The force is mainly proportional to the position: therefore the effect of the stiffness of the flexible bearing dominates this fatigue cycle. In this case the calculation of the fatigue force can be carried out analytically using the following equations:
\(F_{RMC}=(\frac{1}{\int |\dot{x}| {d}t} \int |F|^3 |\dot{x}| {d}t)^{1/3}\)
where:

  • \(F(t)=Kx(t)=F_kcos(\omega_kt)\) with \(x(t)=X_kcos(\omega_kt)\) and \(F_k=KX_k\)

  • \(\dot{x}(t)=-X_k\omega_ksin(\omega_kt)\)
    with:

  • \(F_k\) magnitude of sinusoidal forces;

  • \(A_k\) magnitude of sinusoidal displacements;

  • \(N_k\)

Thus:
\(F_{RMC}^3 = \frac{\sum{\frac{F_k^3}{4}A_k N_k}}{\sum{A_k N_k}}\)

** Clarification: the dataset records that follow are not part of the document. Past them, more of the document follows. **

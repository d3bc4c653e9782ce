//! A split-ordered hash table whose operations are those of a plain map, and whose changes each
//! have an inverse.
//!
//! A contract sees a `Table` as its list of nodes and its buckets, and derives the `content`, a
//! finite map, and `regular`, the list of its pairs. In every `Table` the sort keys rise strictly,
//! the list has the content's pairs in their order, each initialised bucket names its linked dummy,
//! and none is initialised before its parent.
//!
//! - `apply` does an operation as on the map, and returns a `MapJob` exactly if it was a change.
//! - `take_back` restores the value that the job's key had before, and leaves every other key as it
//!   is now (Herlihy and Koskinen, "Transactional Boosting", 2008). The key must be as the change
//!   left it: present after a put, absent after a take.
//! - `prepare`, `place` and `act` do an operation in steps, `place_job` and `undo` take one back.
//!   If the cursor's nodes are no longer unmarked neighbours, `Again` is returned and nothing is
//!   lost.
//! - `law`: an operation and then its job change nothing; jobs of different keys may run in either
//!   order.
//!
//! All other calls leave content and pairs unchanged. A prepared operation owns the node that it
//! may need, and a take passes its node on to its job. So taking a change back needs no memory.
//! Calls take constant time and no memory unless they say otherwise.
//!
//! Only tested: with enough memory, no call returns "no memory".
#![tactic(auto)]

mod act;
mod change;
mod job;
pub mod law;
mod listing;
mod pending;
mod refusals;
mod table;
mod undo_job;

pub use act::{Act, Undo};
pub use bucket_table::{Double, InitLink, InitSeek};
pub use job::MapJob;
pub use list_steps::{Cursor, SweepOutcome};
pub use node_list::Unfilled;
pub use pending::Pending;
pub use split_key::Key;
pub use table::Table;
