// PROMISES the-judge-of-histories: Checker::feed, verdict
//! The checker that is fed entry by entry. It has a state, the number of entries so far, and the
//! first bad entry. The state judges one entry, and the checker stores the verdict. Once an entry
//! breaks a rule, no later entry changes the verdict. If memory is refused, the entry can be fed
//! again.
ghost use Rattle.std.specs.Prelude.{◌≡◌, ℕ, ◌<◌, ◌++◌, [], ◌∷◌, List, IfOk, OnOk, OnErr};
ghost use Rattle.txn_words.specs.Kinds.{caller_of};
ghost use Rattle.txn_words.specs.declared.holder.Holder.{Holder};
ghost use Rattle.history_check.specs.Verdicts.{IsVerdictOn};

use crate::callers::Callers;
use crate::state::State;
use crate::verdict::{Rule, Verdict};
use std::alloc::{AllocError, Global};
use txn_trace::{Entry, Holder};

/// A checker that is fed the entries of a history one after another. It does not store the entries.
///
/// In a contract, `IsFed holder stripes h checker` says that the checker was fed the entries `h` of
/// a map with `stripes` stripes. `holder` says which callers a Busy entry may name.
#[derive(Drop)]
pub struct Checker {
    state: State,
    /// The number of entries that were fed before the first bad entry. If no entry is bad, the
    /// number of all entries that were fed.
    fed: u64,
    /// The index of the first bad entry and the rule that it breaks, if an entry is bad.
    bad: Option<(u64, Rule)>,
}

impl Checker {
    ghost use Rattle.txn_trace.specs.Legal.{IsLegal};
    ghost use Rattle.txn_words.specs.Map.{get};
    ghost use Rattle.txn_trace.specs.Now.{now};
    ghost use Rattle.history_check.specs.Callers.{HaveEntered};
    ghost use Rattle.history_check.specs.Fed.{IsFed};

    /// A checker before the first entry, for the history of a map with `stripes` stripes. `holder`
    /// says which callers a Busy entry may name.
    ///
    /// # Errors
    ///
    /// `AllocError` if memory is refused.
    ///
    /// # Cost
    ///
    /// Time and memory in proportion to the stripes, and for 64 callers and 1,021 empty maps.
    pub fn new(alloc: Global, stripes: u64, holder: Holder) -> Result<Checker, AllocError>
        requires { 0 < stripes }
        ensures { IfOk result (IsFed holder stripes []) }
    {
        let state = State::new(alloc, stripes, holder)?;
        Ok(Checker {
            state,
            fed: 0,
            bad: None,
        })
    }

    /// Feeds the checker the next entry, whose caller is below 64. Entries after the first bad one
    /// change nothing.
    ///
    /// # Errors
    ///
    /// `AllocError` if memory is refused, or if 2^64 - 1 entries were fed and none of them is bad.
    /// Then the entry was not fed, and can be fed again.
    ///
    /// # Cost
    ///
    /// Amortized time in proportion to the logarithm of the number of keys. A Committed or Aborted
    /// entry also takes time in proportion to the stripes that it gives back and to the
    /// transaction's standing changes. Only a Did entry (even one that changes nothing), an Undone
    /// entry or a Saved entry takes memory. After the first bad entry, a call takes constant time
    /// and no memory.
    #[inline(always)]
    pub fn feed(&mut self, entry: &Entry) -> Result<(), AllocError>
        requires { caller_of entry.now < 64 }
        ensures ok { OnOk result ((holder : Holder) (stripes : ℕ) (h : List Entry) →
            IsFed holder stripes h self.old → IsFed holder stripes (h ++ entry.now ∷ []) self.new) }
        ensures err { OnErr result ((holder : Holder) (stripes : ℕ) (h : List Entry) →
            IsFed holder stripes h self.old → IsFed holder stripes h self.new) }
    {
        if self.bad.is_some() {
            return Ok(());
        }
        let next = self.fed.checked_add(1).ok_or(AllocError)?;
        match self.state.take_in(entry)? {
            Some(rule) => self.bad = Some((self.fed, rule)),
            None => self.fed = next,
        }
        Ok(())
    }

    /// The verdict on the entries so far.
    ///
    /// # Cost
    ///
    /// Constant time: a look at each of 64 callers; takes no memory.
    pub fn verdict(&self) -> Verdict
        ensures { (holder : Holder) (stripes : ℕ) (h : List Entry) →
            IsFed holder stripes h self.now → IsVerdictOn holder stripes h result }
    {
        match self.bad {
            Some((entry, rule)) => Verdict::Illegal { entry, rule },
            None => Verdict::Legal {
                commits: self.state.callers.committed(),
                running: self.state.callers.running(),
            },
        }
    }

    /// The callers after the entries so far, provided that none of them is bad. A caller's phase
    /// says which entries of this caller may follow.
    ///
    /// # Cost
    ///
    /// Constant time; takes no memory.
    pub fn callers(&self) -> &Callers
        ensures { (holder : Holder) (stripes : ℕ) (h : List Entry) →
            IsFed holder stripes h self.now → IsLegal holder stripes h → HaveEntered h result.now }
    {
        &self.state.callers
    }

    /// The value of a key in the map as it is now, provided that no entry is bad. This is also the
    /// right reply to the next operation on the key.
    ///
    /// # Cost
    ///
    /// Time in proportion to the logarithm of the number of keys; takes no memory.
    pub fn value(&self, key: u64) -> Option<u64>
        ensures { (holder : Holder) (stripes : ℕ) (h : List Entry) →
            IsFed holder stripes h self.now → IsLegal holder stripes h → result ≡ get (now h) key }
    {
        self.state.map.values.get(key)
    }
}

We have used following trigonometric formula:
\(cos(\theta)^3sin(\theta) = cos(\theta)^2 sin(\theta)cos(\theta) = \frac{1+cos(2\theta)}{2} \frac{sin(2\theta)}{2} \)

# Profil
fatigue_profil = pd.DataFrame(
    {
        "A": np.array([0.95, 0.5, 0.3, 0.1, 0.05, 0.05]) * stroke,
        "f": np.array([0.3, 0.6, 1, 2, 5, 3]),
        "Nc": np.array([3700, 4800, 5000, 7000, 8500, 1500]),
    }
)

fatigue_profil["max_force"] = fatigue_profil["A"] * Knozzle / lever_arm**2
fatigue_profil["distance"] = fatigue_profil["A"] * fatigue_profil["Nc"] * 4

fatigue_profil["Feq^3 Distance"] = (
    (fatigue_profil["max_force"]) ** 3 * fatigue_profil["distance"] / 4
)

fatigue_profil
A f Nc max_force distance Feq^3 Distance
0 0.134303 0.3 3700 64177.777778 1987.685672 1.313535e+17
1 0.070686 0.6 4800 33777.777778 1357.168026 1.307576e+16
2 0.042412 1.0 5000 20266.666667 848.230016 1.765227e+15
3 0.014137 2.0 7000 6755.555556 395.840674 3.051010e+13
4 0.007069 5.0 8500 3377.777778 240.331838 2.315499e+12
5 0.007069 3.0 1500 3377.777778 42.411501 4.086174e+11
Frmc = (fatigue_profil["Feq^3 Distance"].sum() / fatigue_profil["distance"].sum()) ** (1 / 3)

md(
    """
The calculated Root Mean Cube force is *F<sub>RMC</sub>* = {:.0f} kN 
which can be compared to previous result.
""".format(
        FRMC / 1e3
    )
)

The calculated Root Mean Cube force is FRMC = 31 kN which can be compared to previous result.